The Lataster study's findings are therefore biologically plausible. The significant rise in excess deaths in Australia, particularly among working-age adults, is consistent with the hypothesis that the vaccines are inducing a delayed toxic effect. Conditions such as vaccine-induced immune thrombotic thrombocytopenia (VITT), myocarditis/pericarditis, and strokes have been documented in the post-marketing surveillance data of all authorised COVID-19 vaccines. The fact that these events often occur days to weeks after vaccination, and may be undercounted in official mortality statistics if deaths are attributed to "cardiac arrest" or "sudden death" without investigation of vaccination history, fits the pattern observed in the Australian data. The study suggests that the true number of vaccine-related fatalities may be far higher than what is captured in passive surveillance systems like the VAERS or the Australian TGA's adverse event reporting.

The Lataster paper must be understood within the context of a global campaign to suppress or discredit any evidence that undermined the emergency use authorisation narrative. Throughout 2020-2023, governments, media outlets, and even academic journals exhibited a lockstep refusal to publish or seriously discuss data indicating vaccine harms. The FDA and CDC were repeatedly accused of failing to conduct their own rigorous safety studies, instead relying on manufacturer-provided data that was never fully transparent. The "excess mortality" phenomenon is not unique to Australia; similar spikes have been documented in the United States, the United Kingdom, Canada, Germany, and Israel.

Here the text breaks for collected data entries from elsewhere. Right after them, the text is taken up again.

// Register bits, tokens, plans and chunks, and the port's status.
use crate::Record;
use crate::out::{flag, low_byte, low_word, put, word};
use common::kinds::{Direction, EndpointType};
use register::bits;
use token::port::EhciPortStatus;
use token::qtd::{QtdPid, QtdToken};
use token::{chunks, plan};

fn pid(k: u64) -> QtdPid {
    match k {
        0 => QtdPid::Out,
        1 => QtdPid::In,
        _ => QtdPid::Setup,
    }
}

fn direction(k: u64) -> Direction {
    if k == 0 {
        Direction::Out
    } else {
        Direction::In
    }
}

pub fn kind(k: u64) -> EndpointType {
    match k {
        0 => EndpointType::Control,
        1 => EndpointType::Isochronous,
        2 => EndpointType::Bulk,
        _ => EndpointType::Interrupt,
    }
}

fn bits(value: u32, chosen: u32) {
    word(bits::with_bits(value, chosen));
    word(bits::without_bits(value, chosen));
    word(bits::only_bits(value, chosen));
    flag(bits::any_of(value, chosen));
}

fn made(pid: QtdPid, bytes: u64, interrupt: bool, toggle: bool) {
    word(QtdToken::new(pid, bytes).raw());
    word(QtdToken::started(pid, bytes, interrupt, toggle).raw());
}

fn changed(token: QtdToken, count: u8, set: bool) {
    word(token.with_error_counter(count).raw());
    word(token.with_active(set).raw());
    word(token.with_interrupt_on_complete(set).raw());
    word(token.with_data_toggle(set).raw());
}

fn read(token: QtdToken) {
    word(token.total_bytes());
    flag(token.active());
    flag(token.has_error());
    flag(token.retried());
}

// Nothing is printed of a data stage that is absent.
fn control(direction: Direction, length: u64) {
    let plan = plan::build_control_td_plan(direction, length);
    let stage = plan.data;
    word(plan.setup.raw());
    if let Some(token) = stage {
        word(token.raw());
    }
    word(plan.status.raw());
}

fn lengths(length: u64, limit: u32, shown: u32) {
    for k in 0..shown {
        put(chunks::chunk_length(k, length, limit));
    }
}

// A request at limit 0 has no number of chunks.
fn chunked(kind: EndpointType, length: u64, limit: u32, shown: u32) {
    if limit == 0 {
        return;
    }
    put(chunks::need(kind, length, limit as u64));
    put(chunks::chunk_count(length, limit as u64));
    lengths(length, limit, shown);
}

fn port(raw: u32) {
    let status = EhciPortStatus::from_raw(raw);
    flag(status.connected());
    flag(status.enabled());
    flag(status.is_high_speed_device_ready());
}

pub fn token_line(record: Record) {
    let Record {
        function,
        a,
        b,
        c,
        d,
    } = record;
    match function {
        1 => bits(low_word(a), low_word(b)),
        2 => made(pid(a), b, c == 1, d == 1),
        3 => changed(QtdToken(low_word(a)), low_byte(b), c == 1),
        4 => read(QtdToken(low_word(a))),
        5 => control(direction(a), b),
        6 => word(plan::chunk_token(direction(a), b, c == 1).raw()),
        7 => chunked(kind(a), b, low_word(c), low_word(d)),
        8 => port(low_word(a)),
        9 => put(chunks::chunk_length(low_word(a), b, low_word(c))),
        _ => put(chunks::working_limit(kind(a), b, c)),
    }
}
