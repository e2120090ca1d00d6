// A result is hexadecimal, of 8 digits or more, and has a space after it; a flag is 0 or 1.
pub const STDOUT: i32 = 1;

pub fn put(value: u64) {
    io::print_hex(STDOUT, value, 8);
    io::write_all(STDOUT, b" ");
}

pub fn word(value: u32) {
    put(u64::from(value));
}

pub fn flag(set: bool) {
    put(u64::from(set));
}

pub fn words(values: &[u32]) {
    for value in values {
        word(*value);
    }
}

pub fn bytes(values: &[u8]) {
    for value in values {
        put(u64::from(*value));
    }
}

pub fn low_word(value: u64) -> u32 {
    (value % 0x1_0000_0000) as u32
}

pub fn low_byte(value: u64) -> u8 {
    (value % 256) as u8
}
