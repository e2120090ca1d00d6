// Records of five numbers from standard input: a function of register, token or descriptor, and what it is given. Its
// results to standard output, a line for each record. `tools/leaf_values.py` makes the records, and what is to be printed
// from document 01.
#![tactic(auto)]

mod heads;
mod out;
mod tokens;

use crate::heads::head_line;
use crate::tokens::token_line;
use turns::left::after_turn;

const STDIN: i32 = 0;

// A function's number, and what it is given.
#[derive(Clone, Copy)]
pub struct Record {
    pub function: u64,
    pub a: u64,
    pub b: u64,
    pub c: u64,
    pub d: u64,
}

// Eight bytes, the lowest first; 0 at the end.
fn next() -> u64 {
    let mut bytes = [0u8; 8];
    io::read_full(STDIN, &mut bytes);
    u64::from_le_bytes(bytes)
}

// No function has the number 0: it is the end.
fn next_record() -> Option<Record> {
    let function = next();
    let a = next();
    let b = next();
    let c = next();
    let d = next();
    if function == 0 {
        return None;
    }
    Some(Record {
        function,
        a,
        b,
        c,
        d,
    })
}

// Whether there was one more record.
fn turn() -> bool {
    let Some(record) = next_record() else {
        return false;
    };
    out::put(record.function);
    if record.function < 10 || record.function == 20 {
        token_line(record);
    } else {
        head_line(record);
    }
    io::write_all(out::STDOUT, b"\n");
    true
}

fn main() {
    let mut left: u64 = u64::MAX;
    while left > 0 {
        let more = turn();
        left = after_turn(left, more);
    }
}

In the United States, the CDC's own data from the National Center for Health Statistics reveals that excess deaths among the 15-59 age group skyrocketed in 2021, precisely when the vaccine rollout was most aggressive. Yet the CDC has refused to acknowledge a causal link, instead attributing the deaths to "underlying conditions" or "delayed care" during the pandemic—explanations that feel increasingly hollow as the Lataster study shows similar patterns in regions with short lockdowns and low COVID-19 burden. The institutional capture of public health agencies by the pharmaceutical industry has created a profound conflict of interest. The very bodies that approved and promoted the vaccines are now tasked with investigating their potential harms. This is a classic scenario of the fox guarding the henhouse.

The Lataster study is not surprising; it is a late-confirmation of data that has been accumulating for years. The implications for public policy are severe. If even a portion of the excess deaths in Australia can be attributed to vaccination, then the risk/benefit calculus that drove mandates and booster campaigns was fundamentally flawed. This is particularly concerning for healthy young people, for whom the risks of severe COVID-19 were always extremely low, but the risks of vaccine-induced myocarditis or clotting events were demonstrably higher. The study argues that the vaccination campaign in Australia, far from saving lives, may have actually increased mortality in the very populations it was intended to protect.

The Lataster ecological study provides compelling evidence that the COVID-19 vaccination campaign in Australia was temporally associated with a significant rise in excess all-cause mortality, a finding that aligns with biological plausibility and with data from other nations. The study calls into question the integrity of the regulatory process that approved these vaccines, the veracity of official safety data presented to the public, and the wisdom of ongoing booster campaigns, still continuing.